Recently, a handful of researchers in Britain, using mood-recognition
software, asked Mona Lisa their polite, British version of
the Peas' question. No, she didn't reply, "I'm a make,
make, make, make you scream/Make you scream, make you scream."
Instead, she revealed, according to the computer's calculations,
that she felt 83 percent happy, 9 percent disgusted, 6 percent
fearful, and 2 percent angry. About what, we may never know.
It's not just batty scientists who are trying to figure out
women. Bats are, too. The tiny mammals are in an evolutionary
struggle between having large testicles and small brains or
big brains and small balls, a Syracuse professor recently revealed.
He studied ball/brain ratios in more than 300 bats and learned
that in species where female bats are promiscuous, larger balls
--- and the extra sperm in them --- provide an evolutionary
advantage.
I deduce from this that male bats don't spend a lot of time
asking the female bats what they're gon' do with all that junk,
all that junk inside that trunk. Nor do they construct elaborate
software models to figure out the mood of a 400-year-old painting.
They just blast away with their mighty sperm load and hope
they win the evolution lottery. And more power to them.
The challenge as a parent is to raise children who neither
talk like pimps nor spend hours in dark labs measuring bat
balls. Although I wish I could defuse the bristling hypersexuality
of the media that surrounds them, I can't. And if I really
did wish that, I probably shouldn't have turned them on to
rap in the first place. But what I am trying to do here is
not cloister them from the world. I'm trying to help them sort
through all the messages out there and find the ones that fit
their (read: my) core values.
Plus I know I can still rely on my ability as a parent to
beat the fun out of everything. So I will continue to analyze
lyrics, emphasize musical appropriation and homages, and disparage
misogyny in the hopes of keeping my kids' heads screwed on
straight.
My parents were great buzzkills. Once, in Boston Common, when
my brother and I were in the giggling-about-sex stage, we saw
two people having sex in the bushes. Naked people! In the bushes!

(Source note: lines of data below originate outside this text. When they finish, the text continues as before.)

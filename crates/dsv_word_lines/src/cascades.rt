// Writes the words of cascades, with no memory.
ghost use Rattle.std.specs.Prelude.{◌≤◌, ◌+◌, length};
ghost use Rattle.dsv_base.specs.Taking.{Writes};
ghost use Rattle.dsv_cascade.specs.Sections.{most_sections};
ghost use Rattle.dsv_word_lines.specs.WordLines.{cascade_lines, section_line};
ghost use Rattle.dsv_word_lines.specs.WordLines.{section_lines, lines_of_sections};

use crate::coefficients::put_coefficients;
use crate::controllers::put_head;
use crate::line_parts::{LinePart, put_line_parts};
use dsv_base::{Failed, Sink};
use dsv_cascade::Cascade;
use dsv_quantiser::Quantised;
use dsv_reader::Controller;

/// Writes the number of a section.
fn put_section_line<K: Sink>(sink: &mut K, number: u64) -> Result<(), Failed>
    ensures { Writes (K.seen sink.old) (K.seen sink.new) result (section_line number) }
{
    put_line_parts(
        sink,
        &[
            LinePart::Bytes(b"section "),
            LinePart::Count(number),
            LinePart::Bytes(b"\n"),
        ],
    )
}

/// Writes the number of a section and the words of its coefficients.
fn put_section<K: Sink>(sink: &mut K, number: u64, section: &Quantised) -> Result<(), Failed>
    ensures { Writes (K.seen sink.old) (K.seen sink.new) result
        (section_lines number section.now) }
{
    put_section_line(sink, number)?;
    put_coefficients(sink, section)
}

/// Writes sections, of which the first has this number.
fn put_sections<K: Sink>(sink: &mut K, number: u64, sections: &[Quantised]) -> Result<(), Failed>
    requires { number + length sections.now ≤ most_sections }
    ensures { Writes (K.seen sink.old) (K.seen sink.new) result
        (lines_of_sections number sections.now) }
{
    let Some((section, others)) = sections.split_first() else {
        return Ok(());
    };
    put_section(sink, number, section)?;
    put_sections(sink, number + 1, others)
}

/// Writes the format of a cascade's words, the range of its inputs, which the first section's file
/// says, and for each section, counted from 0, the words of its coefficients. It takes no memory.
pub fn put_cascade_lines<K: Sink>(
    sink: &mut K,
    first: &Controller,
    cascade: &Cascade,
) -> Result<(), Failed>
    ensures { Writes (K.seen sink.old) (K.seen sink.new) result
        (cascade_lines first.now cascade.now) }
{
    put_head(sink, first, cascade.first_section())?;
    put_section(sink, 0, cascade.first_section())?;
    put_sections(sink, 1, cascade.later_sections())
}
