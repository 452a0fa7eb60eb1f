// Writes the costs of a controller's file, with no memory.
ghost use Rattle.dsv_base.specs.Taking.{Writes};
ghost use Rattle.dsv_word_lines.specs.CostLines.{cost_line};

use crate::line_parts::{LinePart, put_line_parts};
use dsv_base::{Failed, Sink};
use dsv_reader::Costs;

/// Writes what the parts of a sample cost, in cycles. It takes no memory.
pub fn put_costs<K: Sink>(sink: &mut K, costs: &Costs) -> Result<(), Failed>
    ensures { Writes (K.seen sink.old) (K.seen sink.new) result (cost_line costs.now) }
{
    put_line_parts(
        sink,
        &[
            LinePart::Bytes(b"cost_sample "),
            LinePart::Count(u64::from(costs.sample)),
            LinePart::Bytes(b" cost_mul "),
            LinePart::Count(u64::from(costs.mul)),
            LinePart::Bytes(b" cost_add "),
            LinePart::Count(u64::from(costs.add)),
            LinePart::Bytes(b" cost_round "),
            LinePart::Count(u64::from(costs.round)),
            LinePart::Bytes(b" cost_fit "),
            LinePart::Count(u64::from(costs.fit)),
            LinePart::Bytes(b" cost_moves "),
            LinePart::Count(u64::from(costs.moves)),
            LinePart::Bytes(b"\n"),
        ],
    )
}
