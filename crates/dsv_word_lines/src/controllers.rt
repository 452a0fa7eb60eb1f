// Writes the words of controllers, with no memory.
ghost use Rattle.dsv_base.specs.Taking.{Writes};
ghost use Rattle.dsv_word_lines.specs.WordLines.{controller_lines, input_line, head_lines};

use crate::coefficients::put_coefficients;
use crate::lines::{is_cut, put_format_line, put_range_line};
use dsv_base::{Failed, Sink};
use dsv_quantiser::Quantised;
use dsv_reader::Controller;

/// Writes the range of the inputs.
fn put_inputs<K: Sink>(
    sink: &mut K,
    controller: &Controller,
    quantised: &Quantised,
) -> Result<(), Failed>
    ensures { Writes (K.seen sink.old) (K.seen sink.new) result
        (input_line controller.now quantised.now) }
{
    let lo = quantised.xlo();
    let hi = quantised.xhi();
    let cut = is_cut(
        quantised.format(),
        controller.min(),
        controller.max(),
        lo,
        hi,
    );
    put_range_line(sink, lo, hi, cut)
}

/// Writes the lines before the coefficients: the format, whether the accumulator is wide, and the
/// range of the inputs.
pub(crate) fn put_head<K: Sink>(
    sink: &mut K,
    controller: &Controller,
    quantised: &Quantised,
) -> Result<(), Failed>
    ensures { Writes (K.seen sink.old) (K.seen sink.new) result
        (head_lines controller.now quantised.now) }
{
    put_format_line(sink, quantised.format(), quantised.is_wide())?;
    put_inputs(sink, controller, quantised)
}

/// Writes the format of a controller's words, the range of its inputs, which its file says, and the
/// words of its coefficients. It takes no memory.
pub fn put_controller_lines<K: Sink>(
    sink: &mut K,
    controller: &Controller,
    quantised: &Quantised,
) -> Result<(), Failed>
    ensures { Writes (K.seen sink.old) (K.seen sink.new) result
        (controller_lines controller.now quantised.now) }
{
    put_head(sink, controller, quantised)?;
    put_coefficients(sink, quantised)
}
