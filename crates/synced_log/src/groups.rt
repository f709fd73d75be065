//! The groups of a file that was read.
ghost use Rattle.std.specs.Prelude.{◌≡◌, ◌≤◌, ◌+◌, length, take, drop, slice_get, Some, MatchOption};

use crate::span::{GroupSpan, TO_BODY};
use craft_base::Shape;
use std::marker::Model;

/// The groups of a journal, each with the offset of its gate and its body. Each of their records can be applied to what the
/// records before it leave.
#[derive(Drop)]
pub struct Groups {
    shape: Shape,
    file: Vec<u8>,
    spans: Vec<GroupSpan>,
}

impl Model for Groups {
    ghost use Rattle.synced_log.specs.Journal.{Kept, AreKept};
    ghost use Rattle.synced_log.specs.Walks.{all_placed, AllInside};

    ghost Value = { Kept };

    ghost view = { λ g. record { shape = g.shape; placed = all_placed g.file.items g.spans.items } };

    ghost invariant = { λ g. AreKept (record { shape = g.shape; placed = all_placed g.file.items g.spans.items }) × AllInside g.file.items g.spans.items };
}

impl Groups {
    ghost use Rattle.synced_log.specs.Journal.{AreKept, Kept};
    ghost use Rattle.synced_log.specs.Walks.{all_placed, AllInside};

    /// The groups at these spans of a file.
    pub(crate) fn of(shape: &Shape, file: Vec<u8>, spans: Vec<GroupSpan>) -> Groups
        requires kept { AreKept (record { shape = shape.now; placed = all_placed file.items spans.items }) }
        requires inside { AllInside file.items spans.items }
        ensures { result ≡ record { shape = shape.now; placed = all_placed file.items spans.items } }
    {
        Groups {
            shape: *shape,
            file,
            spans,
        }
    }

    /// How many groups there are.
    pub fn count(&self) -> u64
        ensures value { result ≡ length self.now.placed }
        ensures kept { AreKept self.now }
    {
        self.spans.len() as u64
    }

    /// The offset of a group's gate, and its body, the first group being number 0; `None` exactly where there are no more.
    pub fn at(&self, n: u64) -> Option<(u64, &[u8])>
        ensures { MatchOption result (length self.now.placed ≤ n) (λ x. slice_get self.now.placed n ≡ Some (record { gate = x.0; body = x.1.now })) }
    {
        if n >= self.spans.len() as u64 {
            return None;
        }
        let span = self.spans[n as usize];
        Some((span.gate, body_at(&self.file, span)))
    }
}

/// The body of the group at that span.
fn body_at(file: &[u8], span: GroupSpan) -> &[u8]
    requires { span.gate + 9 + span.len ≤ length file.now }
    ensures { result.now ≡ take span.len (drop (span.gate + 9) file.now) }
{
    let start = span.gate as usize + TO_BODY;
    &file[start..start + span.len]
}
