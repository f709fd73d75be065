//! Whose journal a file is.
ghost use Rattle.std.specs.Prelude.{Some};
ghost use Rattle.synced_log.specs.Faults.{owner_text};

use std::fmt;

/// The member that a journal is of: the cluster's F and k, and the member's number.
#[derive(Clone, Copy, Debug, PartialEq, Eq)]
pub struct Owner {
    pub f: u8,
    pub k: u8,
    pub me: u8,
}

impl fmt::Display for Owner {
    ghost output = { λ owner. Some (owner_text owner) };

    fn fmt<W: fmt::Write>(&self, f: &mut fmt::Formatter<W>) -> fmt::Result {
        write!(f, "{} {} {}", self.f, self.k, self.me)
    }
}
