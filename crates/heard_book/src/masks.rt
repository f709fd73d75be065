//! Bits of masks.
ghost use Rattle.std.specs.Prelude.{◌≡◌, ◌==◌, ◌<◌, ◌||◌, ℕ};
ghost use Rattle.std.specs.Int.{bit_at};

use craft_base::MemberId;

/// Whether a mask of entries has that bit.
pub(crate) fn has_entry(mask: u8, bit: u64) -> bool
    requires { bit < 8 }
    ensures { result ≡ (bit_at mask bit == 1) }
{
    (mask >> bit) % 2 == 1
}

/// Whether a mask of members has the bit of that member.
pub(crate) fn has_member(mask: u16, member: MemberId) -> bool
    ensures { result ≡ (bit_at mask member == 1) }
{
    (mask >> member.number()) % 2 == 1
}

/// The mask of members with that member.
pub(crate) fn with_member(mask: u16, member: MemberId) -> u16
    ensures { (other : ℕ) → (bit_at result other == 1) ≡ ((member == other) || (bit_at mask other == 1)) }
{
    mask | 1 << member.number()
}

This was perhaps the greatest, ickiest, most exciting thing
we'd ever seen. It was a cosmic gift: when I told this story
at school, I'd finally be popular.
My mother, sensing our prurience, stopped us 20 yards away
from the couple writhing under a gray blanket, and launched
into the kind of "making love is a beautiful act when
two people who love and respect each other blah, blah, blah" speech
that only the Sexual Revolution could cook up. By the end,
we were completely creeped out. We never spoke of it again.